Advanced Coal Technologies

In the nationwide effort to reduce emissions of carbon dioxide (CO2) and other pollutants when fossil fuels are burned, coal is a prime target: It accounts for more than one-quarter of America’s CO2 emissions. And although coal’s share of all fuels used for electrical generation is expected to decline during the next 25 years, the U.S. Energy Information Administration projects that it will remain the largest source through 2027.

As a result, there is intense interest in new technologies for increasing the efficiency of the electricity generating process and in separating, capturing, and safely storing CO2 (a process called sequestration) before it is discharged from the smokestack.

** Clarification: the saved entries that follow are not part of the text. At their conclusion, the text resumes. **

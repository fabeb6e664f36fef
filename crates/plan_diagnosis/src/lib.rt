//! Explains in words which conditions a plan breaks, or why no plan serves a description.
//!
//! `reasons` has a line for each number of a description that no plan can keep, with the least sufficient value
//! (`specs/ReasonLines`); `conditions` a line for each condition that a plan does not keep, with both its numbers in
//! the units of keys (`specs/ConditionLines`), by `shape_conditions`, `slot_conditions` and `buffer_conditions`.
//! `item_names` names streams, programs and tables; `stream_numbers` has the words of both for the numbers of a stream,
//! `program_limits` for the limit of clock references, `least_values` for a value that is too small.
#![tactic(auto)]

mod buffer_conditions;
mod conditions;
mod item_names;
mod least_values;
mod program_limits;
mod reasons;
mod shape_conditions;
mod slot_conditions;
mod stream_numbers;

pub use conditions::{write_conditions, write_switch};
pub use reasons::write_reasons;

Several approaches are possible, although none has been extensively explored.

To minimize emissions, once CO2 has been captured it must either be sequestered (trapped for storage) or used to improve the efficiency of some process.

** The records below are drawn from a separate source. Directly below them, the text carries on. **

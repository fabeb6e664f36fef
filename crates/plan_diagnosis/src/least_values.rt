//! A value that is less than the least that would do.

ghost use Rattle.std.specs.Prelude.{◌≡◌, ◌++◌, OnOk, string_bytes};
ghost use Rattle.plan_diagnosis.specs.ReasonLines as spec;

use std::alloc::AllocError;
use std::fmt::Write;

/// Appends a key and its value.
pub fn write_key(key: &str, value: u128, text: &mut String) -> Result<(), AllocError>
    ensures { OnOk result (string_bytes text.new ≡ string_bytes text.old ++ spec.key_words key.now value) }
{
    write!(text, " {key} {value}")
}

/// Appends the least sufficient value; if it exceeds the greatest value of the key, none is sufficient.
pub fn write_least(least: u128, greatest: u128, text: &mut String) -> Result<(), AllocError>
    ensures { OnOk result (string_bytes text.new ≡ string_bytes text.old ++ spec.least_words least greatest) }
{
    if least > greatest {
        text.push_str(": none is enough")
    } else {
        write!(text, " is less than {least}")
    }
}

/// Appends a value that is less than the least sufficient value, and what asks for that value.
pub fn write_less(
    key: &str,
    value: u128,
    least: u128,
    greatest: u128,
    cause: &str,
    text: &mut String,
) -> Result<(), AllocError>
    ensures { OnOk result (string_bytes text.new
        ≡ string_bytes text.old ++ spec.less_words key.now value least greatest cause.now) }
{
    write_key(key, value, text)?;
    write_least(least, greatest, text)?;
    text.push_str(cause)
}
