//! The lines for the reasons why no plan serves a description.

ghost use Rattle.std.specs.Prelude.{◌≡◌, ◌++◌, OnOk, option_map, string_bytes};
ghost use Rattle.std.specs.List.{flat_map};
ghost use Rattle.plan_diagnosis.specs.ReasonLines as spec;

use crate::item_names::write_table_name;
use crate::program_limits::write_pcr_limit;
use crate::stream_numbers::{StreamNumber, write_stream};
use description::Description;
use description_parts::ProgramDescription;
use plan_maker::{Reason, reasons};
use std::alloc::{AllocError, Global};
use std::fmt::Write;

// Returns the words for a slot as the cause.
#[tactic(auto, unfolding(crate::specs::ReasonLines::slot_cause))]
fn slot_cause() -> &'static str
    ensures { result.now ≡ spec.slot_cause }
{
    " for a slot\n"
}

// Appends the line of a limit of clock references.
#[tactic(auto, unfolding(crate::specs::ReasonLines::pcr_line))]
fn write_pcrs(
    place: usize,
    least: u64,
    program: Option<&ProgramDescription>,
    text: &mut String,
) -> Result<(), AllocError>
    ensures { OnOk result (string_bytes text.new
        ≡ string_bytes text.old ++ spec.pcr_line place least (option_map (λ p. p.now) program.entry)) }
{
    let Some(program) = program else {
        return Ok(());
    };
    write_pcr_limit(place, program, u128::from(least), slot_cause(), text)
}

// Appends the line of a table's limit.
fn write_table_limit(
    description: &Description,
    table: usize,
    least: u64,
    text: &mut String,
) -> Result<(), AllocError>
    ensures { OnOk result (string_bytes text.new
        ≡ string_bytes text.old ++ spec.table_line description.now table least) }
{
    write_table_name(description, table, text)?;
    write!(
        text,
        " limit is less than {least} for the slots of a round\n"
    )
}

// Appends the line of a rate.
#[tactic(auto, unfolding(crate::specs::ReasonLines::rate_line))]
fn write_rate(rate: u64, least: Option<u64>, text: &mut String) -> Result<(), AllocError>
    ensures { OnOk result (string_bytes text.new ≡ string_bytes text.old ++ spec.rate_line rate least) }
{
    match least {
        Some(least) => write!(text, "rate {rate} is less than {least} by reckoning\n"),
        None => write!(text, "rate {rate}: none is enough by reckoning\n"),
    }
}

// Appends the line of a reason.
#[tactic(auto, unfolding(crate::specs::ReasonLines::reason_line))]
fn write_reason(
    description: &Description,
    reason: Reason,
    text: &mut String,
) -> Result<(), AllocError>
    ensures { OnOk result (string_bytes text.new
        ≡ string_bytes text.old ++ spec.reason_line description.now reason) }
{
    let (programs, streams) = (description.programs(), description.streams());
    match reason {
        Reason::PcrLimit(i, least) => {
            let i = usize::from(i);
            write_pcrs(i, least, programs.get(i), text)
        }
        Reason::TableLimit(t, least) => write_table_limit(description, usize::from(t), least, text),
        Reason::SlowDrain(i, least) => {
            let i = usize::from(i);
            write_stream(StreamNumber::Rx, i, u128::from(least), streams.get(i), text)
        }
        Reason::SlowLeak(i, least) => {
            let i = usize::from(i);
            write_stream(
                StreamNumber::Rbx,
                i,
                u128::from(least),
                streams.get(i),
                text,
            )
        }
        Reason::ShortLead(i, least) => {
            let i = usize::from(i);
            write_stream(
                StreamNumber::Lead,
                i,
                u128::from(least),
                streams.get(i),
                text,
            )
        }
        Reason::SmallMain(i, least) => {
            let i = usize::from(i);
            write_stream(
                StreamNumber::Main,
                i,
                u128::from(least),
                streams.get(i),
                text,
            )
        }
        Reason::Overload(least) => write_rate(description.rate().bits_per_second(), least, text),
    }
}

// Appends a line for each reason.
fn write_each(
    description: &Description,
    reasons: &[Reason],
    text: &mut String,
) -> Result<(), AllocError>
    ensures { OnOk result (string_bytes text.new
        ≡ string_bytes text.old ++ flat_map (spec.reason_line description.now) reasons.now) }
{
    for reason in reasons {
        write_reason(description, *reason, text)?;
    }
    Ok(())
}

/// Appends a line for each reason why no plan serves a description.
pub fn write_reasons(
    alloc: Global,
    description: &Description,
    text: &mut String,
) -> Result<(), AllocError>
    ensures { OnOk result (string_bytes text.new ≡ string_bytes text.old ++ spec.reason_lines description.now) }
{
    let found = reasons(alloc, description)?;
    write_each(description, &found, text)
}
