//! The lines for the conditions that a plan does not keep.

ghost use Rattle.std.specs.Prelude.{◌≡◌, ◌++◌, OnOk, map, string_bytes};
ghost use Rattle.std.specs.List.{flat_map};
ghost use Rattle.plan_checker.specs.Refusals.{entry_of};
ghost use Rattle.plan_diagnosis.specs.ConditionLines as spec;

use crate::buffer_conditions::{write_lead, write_multiplexing, write_system, write_transport};
use crate::item_names::write_stream_name;
use crate::shape_conditions::write_shape;
use crate::slot_conditions::{
    write_claim, write_pcr_gap, write_section_distance, write_stream_rate, write_table_gap,
};
use crate::stream_numbers::{StreamNumber, write_stream};
use description::Description;
use plan_checker::{Condition, Refusal, failing};
use slot_plan::Plan;
use std::alloc::{AllocError, Global};
use std::fmt::Write;

// Appends the line of a claim of spread.
fn write_spread(
    description: &Description,
    refusal: Refusal,
    text: &mut String,
) -> Result<(), AllocError>
    ensures { OnOk result (string_bytes text.new
        ≡ string_bytes text.old ++ spec.spread_line description.now (entry_of refusal)) }
{
    write_stream_name(description, refusal.item as usize, text)?;
    write_claim("spread", refusal.right, refusal.left, text)
}

/// Appends the line of a condition on two plans.
pub fn write_switch(refusal: Refusal, text: &mut String) -> Result<(), AllocError>
    ensures { OnOk result (string_bytes text.new ≡ string_bytes text.old ++ spec.switch_line (entry_of refusal)) }
{
    let Refusal {
        condition,
        part,
        item,
        left,
        right,
        ..
    } = refusal;
    let code = condition.code();
    write!(
        text,
        "condition {code} part {part} item {item}: {left}, at most {right}\n"
    )
}

// Appends the line of a condition.
#[tactic(auto, unfolding(crate::specs::ConditionLines::line_for))]
fn write_condition(
    description: &Description,
    refusal: Refusal,
    text: &mut String,
) -> Result<(), AllocError>
    ensures { OnOk result (string_bytes text.new
        ≡ string_bytes text.old ++ spec.condition_line description.now (entry_of refusal)) }
{
    let item = refusal.item as usize;
    let (programs, streams) = (description.programs(), description.streams());
    match refusal.condition {
        Condition::Shape => write_shape(description, refusal, text),
        Condition::PcrGap => {
            write_pcr_gap(description.rate(), refusal, programs.get(item), text)
        }
        Condition::TableGap => write_table_gap(description, refusal, text),
        Condition::Spread => write_spread(description, refusal, text),
        Condition::StreamRate => {
            write_stream_rate(description.rate(), refusal, streams.get(item), text)
        }
        Condition::TransportBuffer => write_transport(description, refusal, text),
        Condition::StreamLead | Condition::ElementaryLead => {
            write_lead(refusal, streams.get(item), text)
        }
        Condition::MainBuffer => {
            write_stream(
                StreamNumber::Main,
                item,
                refusal.left,
                streams.get(item),
                text,
            )
        }
        Condition::SystemBuffer => write_system(description, refusal, text),
        Condition::MultiplexingBuffer => write_multiplexing(description, refusal, text),
        Condition::SectionDistance => write_section_distance(description, refusal, text),
        Condition::PcrSwitch
        | Condition::TableSwitch
        | Condition::WorkSwitch
        | Condition::LeadSwitch
        | Condition::MainSwitch
        | Condition::ElementarySwitch => write_switch(refusal, text),
    }
}

// Appends a line for each condition.
fn write_each(
    description: &Description,
    refusals: &[Refusal],
    text: &mut String,
) -> Result<(), AllocError>
    ensures { OnOk result (string_bytes text.new ≡ string_bytes text.old
        ++ flat_map (spec.condition_line description.now) (map entry_of refusals.now)) }
{
    for refusal in refusals {
        write_condition(description, *refusal, text)?;
    }
    Ok(())
}

/// Appends a line for each condition that a plan does not keep.
pub fn write_conditions(
    alloc: Global,
    description: &Description,
    plan: &Plan,
    text: &mut String,
) -> Result<(), AllocError>
    ensures { OnOk result (string_bytes text.new
        ≡ string_bytes text.old ++ spec.condition_lines description.now plan.now) }
{
    let refusals = failing(alloc, description, plan)?;
    write_each(description, &refusals, text)
}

The latest generation of pulverized coal plants, incorporating “ultrasupercritical” boilers capable of operating at extremely high temperatures and pressures, can achieve efficiencies—before CO2 is captured and stored—of up to 45%, meaning that 45% of the energy stored in the coal is converted to electrical energy. (By contrast, new natural gas plants achieve about 43% efficiency.) However, when a portion of the energy from burned coal is diverted from making electricity to carbon capture and storage using current technology, efficiency is projected to drop to about 30%, slightly below average for today’s coal-fired plants.

Another advanced coal technology is coal gasification, a process in which coal is converted to a gas (called syngas) before it is burned, making it easier to separate CO2 as a relatively pure gas before power is generated. Alternatively, it is possible to burn coal in oxygen instead of air (as is currently done) in order to reduce the amount of flue gas—essentially exhaust—that must be processed to isolate CO2. These techniques show promise but require more research and development. They also substantially increase the cost of the electricity produced.

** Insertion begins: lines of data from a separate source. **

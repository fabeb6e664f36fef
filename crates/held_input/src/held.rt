//! A reader that shows which bytes it holds.
ghost use Rattle.std.specs.Prelude.{◌≡◌, ℕ, [], List, IfSome};
ghost use Rattle.std.specs.Io.{StartsWith};

use counted_io::{Counted, Source};
use std::io::Read;

/// A reader that shows which bytes it holds: its next reads give these bytes, and call no device for them.
pub trait HeldInput: Source {
    ghost held: { Self → List ℕ };

    /// Returns the bytes that it holds. Where the bytes that are left are known, they are the first of these.
    fn held(&self) -> &[u8]
        ensures value { result.now ≡ held self.now }
        ensures front { IfSome (Self.remaining self.now) (λ xs. StartsWith xs result.now) };
}

/// Holds no bytes, as far as it knows.
impl<T: Read> HeldInput for Counted<T> {
    ghost held = { λ _. [] };

    fn held(&self) -> &[u8] {
        &[]
    }
}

To minimize emissions, once CO2 has been captured it must either be sequestered (trapped for storage) or used to improve the efficiency of some process. Current sequestration options include using natural geological formations, unmineable coal seams, and deep saline aquifers, all of which are geologically sealed and, presumably, unlikely to allow injected CO2 to escape. While these technologies are very promising, it still must be proven that large quantities of CO2 can be stored effectively underground and monitored for long periods of time.

The methods also must be acceptable to the public and regulatory agencies. Large-scale field trials of prototypes of coal-fueled, near-zero-emissions power plants are needed to test the viability of several of these new “clean coal” technologies.

Alternatively, CO2 can also be put to use for one type of “enhanced oil recovery.” By injecting the gas under pressure into existing wells, an increased amount of oil can be extracted—30% to 60% of deposits versus 20% to 40% without enhanced recovery.